After Maryan's science experiment, the To Heart 2 characters are thrown into a fantasy RPG world, and they learn that the only way to return to their normal lives is to find and defeat the final boss.

==Characters==

- Konomi Yuzuhara: Takaaki's childhood friend, and a magic user.
- Tamaki Kousaka: another childhood friend of Takaaki's, she is a fighter.
- Manaka Komaki: the representative of Takaaki's class, she is a magic user.
- Karin Sasamori: the only member of the 'mystery club', she is a scout.
- Sango Himeyuri: the older twin sister of Ruri, she is a magic user.
- Ruri Himeyuri: Ruri is the younger of the Himeyuri twins, and she is a fighter.
- Yuma Tonami: Manaka's close friend, she is a scout.
- Lucy Maria Misora: an alien girl who communicates with animals, she is a magic user.
- Yuki Kusakabe: a mysterious girl who visits the school at night, she is a maid.
- Sasara Kusugawa: the student council president, she is a fighter.
- Maryan: the former student council president, she is a maid.
- Harumi Kouno: a highly energetic robot who declares herself to be Takaaki's lover, she is a fighter.
- Silfa: a robot who is Takaaki's personal maid, she is a maid.
- Chie Yoshioka: one of Konomi's main friends from junior high school, she is a fighter.
- Michiru Yamada: a soft-spoken girl who is also a friend of Konomi's, she is a magic user.
- Ikuno Komaki: Manaka's younger sister, she is a scout.
- Nanako: a girl from a primary school, she is a magic user.
- Haruka Yuzuhara: Konomi's mother, she is a maid.
- Ilfa: a robot designed by Sango, she is a scout.
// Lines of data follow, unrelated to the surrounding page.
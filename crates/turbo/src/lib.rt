// The turbo encoder of clause 5.1.3.2: from a code block to its three streams.
#![tactic(auto)]

mod steps;

ghost use Rattle.std.specs.Prelude.{◌≡◌, cond, ◌++◌, ◌+◌, ◌≤◌, ◌<◌, length, drop};
ghost use Rattle.interleaver.specs.Table.{row_count, size_at};
ghost use Rattle.interleaver.specs.Place.{interleaved};
ghost use Rattle.turbo.specs.Encoder.{start, parities};
ghost use Rattle.turbo.specs.Streams.{without_filler, first_end, second_end, stream0, stream1, stream2};
ghost use Rattle.turbo.specs.Encode.{block_in, encodable, fit, Encodable, tail_of, completed};

use interleaver::{block, table};

// <NULL>: no bit stands here. A bit is 0 or 1.
const NULL: u8 = 2;

// The shift register of a constituent encoder, the newest bit first.
#[derive(Clone, Copy)]
pub struct Registers {
    pub d1: u8,
    pub d2: u8,
    pub d3: u8,
}

// The tail bits of a constituent encoder: x_K, x_K+1, x_K+2 and z_K, z_K+1, z_K+2.
#[derive(Clone, Copy)]
pub struct Tail {
    pub x: [u8; 3],
    pub z: [u8; 3],
}

impl Registers {
    // The tail from the registers after the last bit. The input is the feedback, so a zero enters at each of the three steps.
    fn tail(self) -> Tail
        ensures { result ≡ tail_of self }
    {
        Tail {
            x: [self.d2 ^ self.d3, self.d1 ^ self.d2, self.d1],
            z: [self.d1 ^ self.d3, self.d2, self.d1],
        }
    }
}

// Whether slices of these lengths are for the streams of a code block of the row's size, and its filler is within it.
fn is_encodable(row: usize, filler: usize, n0: usize, n1: usize, n2: usize) -> bool
    ensures { result ≡ encodable row filler n0 n1 n2 }
{
    if n0 < 4 {
        return false;
    }
    let k = n0 - 4;
    table::has_size(row, k) & (filler <= k) & (n1 == n0) & (n2 == n0)
}

// Puts the tail at the end of a stream and sets its filler places to <NULL>.
fn complete(d: &mut [u8], filler: usize, tail: [u8; 4])
    requires { filler + 4 ≤ length d.old }
    ensures { d.new ≡ completed filler d.old tail }
{
    let k = d.len() - 4;
    d[k..].copy_from_slice(&tail);
    d[..filler].fill(NULL);
}

// Both encoders, the second with the bits in the interleaver's order: their outputs at the fronts of `d1` and `d2`.
fn encode_parities(row: usize, c: &[u8], d1: &mut [u8], d2: &mut [u8]) -> (Tail, Tail)
    requires { (row < row_count) × (length c.now ≡ size_at row) × (length d1.old ≡ length c.now + 4) × (length d2.old ≡ length c.now + 4) }
    ensures first { d1.new ≡ parities start c.now ++ drop (length c.now) d1.old }
    ensures second { d2.new ≡ parities start (interleaved row c.now) ++ drop (length c.now) d2.old }
    ensures tails { (result.0 ≡ tail_of (first_end c.now)) × (result.1 ≡ tail_of (second_end row c.now)) }
{
    let k = c.len();
    d1[..k].copy_from_slice(c);
    block::interleave(row, c, &mut d2[..k]);
    let (first, second) = steps::encode_both(d1, d2);
    (first.tail(), second.tail())
}

// The three streams, where all lengths are right. Filler is absent from streams 0 and 1; stream 2 holds a bit at every place.
fn encode_streams(row: usize, filler: usize, d0: &mut [u8], d1: &mut [u8], d2: &mut [u8])
    requires { Encodable row filler (length d0.old) (length d1.old) (length d2.old) }
    ensures first { d0.new ≡ stream0 row filler (block_in d0.old) }
    ensures second { d1.new ≡ stream1 row filler (block_in d0.old) }
    ensures third { d2.new ≡ stream2 row (block_in d0.old) }
{
    let k = d0.len() - 4;
    let (first, second) = encode_parities(row, &d0[..k], d1, d2);
    complete(
        d0,
        filler,
        [first.x[0], first.z[1], second.x[0], second.z[1]],
    );
    complete(
        d1,
        filler,
        [first.z[0], first.x[2], second.z[0], second.x[2]],
    );
    complete(d2, 0, [first.x[1], first.z[2], second.x[1], second.z[2]]);
}

// Writes the three streams of the code block of a row's size that stands at the front of `d0`, whose first `filler` bits are filler; stream 0
// has the block's bits in place, so none is moved. Writes nothing where there is no such row or a length is another one.
pub fn encode(row: usize, filler: usize, d0: &mut [u8], d1: &mut [u8], d2: &mut [u8])
    ensures first { d0.new ≡
        cond (fit row filler d0.old d1.old d2.old)
        (stream0 row filler (block_in d0.old))
        d0.old }
    ensures second { d1.new ≡
        cond (fit row filler d0.old d1.old d2.old)
        (stream1 row filler (block_in d0.old))
        d1.old }
    ensures third { d2.new ≡
        cond (fit row filler d0.old d1.old d2.old)
        (stream2 row (block_in d0.old))
        d2.old }
{
    if is_encodable(row, filler, d0.len(), d1.len(), d2.len()) {
        encode_streams(row, filler, d0, d1, d2);
    }
}
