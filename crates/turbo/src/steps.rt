// The constituent encoders of clause 5.1.3.2.1 eight steps at a time. Eight bytes are one number, the first lowest, and a step is a shift
// by eight.
ghost use Rattle.std.specs.Prelude.{◌≡◌, ◌^◌, ◌<◌, length};
ghost use Rattle.turbo.specs.Encoder.{parities, after};
ghost use Rattle.turbo.specs.inner.Eight.{bytes_of, registers_of, times, reach, encoded_front, front_end};

use crate::Registers;

// Eight bytes as one number.
fn word_of(bits: &[u8]) -> u64
    requires { length bits.now ≡ 8 }
    ensures { bytes_of 8 result ≡ bits.now }
{
    u64::from_le_bytes(*bits.first_chunk().unwrap())
}

// Eight bytes divided by g0 = 1 + D^2 + D^3: multiplied by g0 and by its square, as the fourth power is 1 in eight steps.
fn divided(x: u64) -> u64
    ensures { times 16 24 result ≡ x }
{
    let once = x ^ (x << 16) ^ (x << 24);
    once ^ (once << 32) ^ (once << 48)
}

// Eight steps of an encoder in place: each input byte gives way to its output byte. `held` are the three bytes in the register, the oldest
// lowest; gives those that it holds then.
fn eight_steps(held: u64, bits: &mut [u8]) -> u64
    requires { (held < 2 ^ 24) × (length bits.old ≡ 8) }
    ensures small { result < 2 ^ 24 }
    ensures outputs { bits.new ≡ parities (registers_of held) bits.old }
    ensures registers { registers_of result ≡ after (registers_of held) bits.old }
{
    let entering = divided(word_of(bits) ^ held ^ (held >> 8));
    let leaving = entering ^ ((entering << 8) ^ (held >> 16)) ^ ((entering << 24) ^ held);
    *bits.first_chunk_mut().unwrap() = leaving.to_le_bytes();
    entering >> 40
}

// The registers whose bytes are in `held`.
fn registers_of(held: u64) -> Registers
    ensures { result ≡ registers_of held }
{
    let [d3, d2, d1, ..] = held.to_le_bytes();
    Registers { d1, d2, d3 }
}

// Both encoders, each in place, as far as both have eight bytes more, and their registers then. They go side by side, as neither waits for the other.
pub fn encode_both(first: &mut [u8], second: &mut [u8]) -> (Registers, Registers)
    ensures one { first.new ≡ encoded_front (reach first.old second.old) first.old }
    ensures two { second.new ≡ encoded_front (reach first.old second.old) second.old }
    ensures ends { (result.0 ≡ front_end (reach first.old second.old) first.old)
        × (result.1 ≡ front_end (reach first.old second.old) second.old) }
{
    let mut s: u64 = 0;
    let mut t: u64 = 0;
    for turn in 0..first.len().min(second.len()) / 8 {
        let i = 8 * turn;
        s = eight_steps(s, &mut first[i..i + 8]);
        t = eight_steps(t, &mut second[i..i + 8]);
    }
    (registers_of(s), registers_of(t))
}
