//! Entries of a table, lent.

ghost use Rattle.std.specs.Prelude.{◌≡◌, ◌≤◌, length, map};
ghost use Rattle.std.specs.Option.{option_map};
ghost use Rattle.dl_table.specs.Held.{value_held, value_lent, values_end};
ghost use Rattle.dl_table.specs.EntryData.{value_of, with_content};

use crate::table::Pair;
use crate::table::held::{StoredValue, ValueRef};

/// An entry of a table: one value for each of the table's pairs.
#[derive(Clone, Copy)]
pub struct Entry<'a> {
    pairs: &'a [Pair],
    held: &'a [StoredValue],
    pool: &'a [u8],
    ghost within: { values_end held.now ≤ length pool.now },
}

impl<'a> Entry<'a> {
    ghost use Rattle.dl_table.specs.EntryHeld.{entry_items};
    ghost use Rattle.dl_table.specs.ValuesLeft.{values_left};

    pub(crate) fn new(pairs: &'a [Pair], held: &'a [StoredValue], pool: &'a [u8]) -> Entry<'a>
        requires { values_end held.now ≤ length pool.now }
        ensures { entry_items result
            ≡ with_content pairs.now (map (value_held pool.now) held.now) }
    {
        Entry { pairs, held, pool }
    }

    /// The value of the first pair with this content code.
    pub fn get(&self, content: u64) -> Option<ValueRef<'a>>
        ensures { option_map value_lent result ≡ value_of (entry_items self.now) content }
    {
        for (code, value) in self.values() {
            if code == content {
                return Some(value);
            }
        }
        None
    }

    /// The values with their content codes, in the order of the pairs.
    pub fn values(&self) -> Values<'a>
        ensures { values_left result ≡ entry_items self.now }
    {
        Values { left: *self }
    }
}

/// The values of an entry with their content codes, in the order of the pairs.
#[derive(Clone, Copy)]
pub struct Values<'a> {
    left: Entry<'a>,
}

impl<'a> Iterator for Values<'a> {
    type Item = (u64, ValueRef<'a>);

    ghost use Rattle.std.specs.Iterator.{YieldsFirstBy, item_count};
    ghost use Rattle.dl_table.specs.ValuesLeft.{item_lent, values_left};

    ghost next_gives = { YieldsFirstBy item_lent values_left };

    ghost remaining = { item_count values_left };

    fn next(&mut self) -> Option<(u64, ValueRef<'a>)> {
        let Entry { pairs, held, pool } = self.left;
        let (pair, pairs) = pairs.split_first()?;
        let (first, held) = held.split_first()?;
        self.left = Entry { pairs, held, pool };
        Some((pair.content, first.lend(pool)))
    }
}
==Development and release==
===Game===
To Heart 2: Dungeon Travelers was developed by Sting, and published by Aquaplus for the PlayStation Portable. It was officially released on June 30, 2011, as an all ages version of the PC game Final Dragon Chronicle: Guilty Requiem, which is one of the four games contained inside Manaka de Ikuno!!, which was released in both limited and regular editions on December 18, 2009. A PlayStation Vita version of the game was released on April 30, 2015. An enhanced port featuring upgraded resolution, custom controls (with support for keyboard and mouse), auto dungeon mapping and more, was released on PC via Steam and Johren on February 15, 2024.

===Printed media===
Before the game's release, a manga titled To Heart Another Days was published by ASCII Media Works, and serialized in the Dengeki G's Festival! Comic magazine from July 26, 2008, to August 26, 2010. A comic version of the PC game Final Dragon Chronicle: Guilty Requiem was featured in volume 2 of the manga. The manga was written by Aquaplus. A light novel for To Heart 2: Dungeon Travelers was published by Harvest on February 20, 2011, titled To Heart 2: Final Dragon Chronicle Sono Go. It was written by Takuya Baba and illustrated by Ushio Komone.

===Anime===

Two OVAs for To Heart 2: Dungeon Travelers were produced by Aquaplus and Chaos Project, and were released in 2012: the first was on February 22, and the second on July 25. The anime was directed by Jun'ichi Sakata. The opening theme is "Niji Iro no Mirai" by Suara, and the two endings are "Tada Hitotsu no Hoshi" by Rena Uehara and "Kono Sekai ni" by Akari Tsuda.

==Reception==
On reviewing the 2024 PC version, Daniel Joseph of NookGaming described the story as frivolous but funny and praised the gameplay, despite having some issues such considering the dungeon design as frustrating.

==Sequels==
A sequel to To Heart 2: Dungeon Travelers has been published by Aquaplus and developed by Sting, titled Dungeon Travelers 2 was released for the PlayStation Portable and PlayStation Vita on March 27, 2013. It consists of the same gameplay and system but featured different characters. Another PlayStation Vita game titled Dungeon Travelers 2-2, a sequel to Dungeon Travelers 2, was released on April 20, 2017.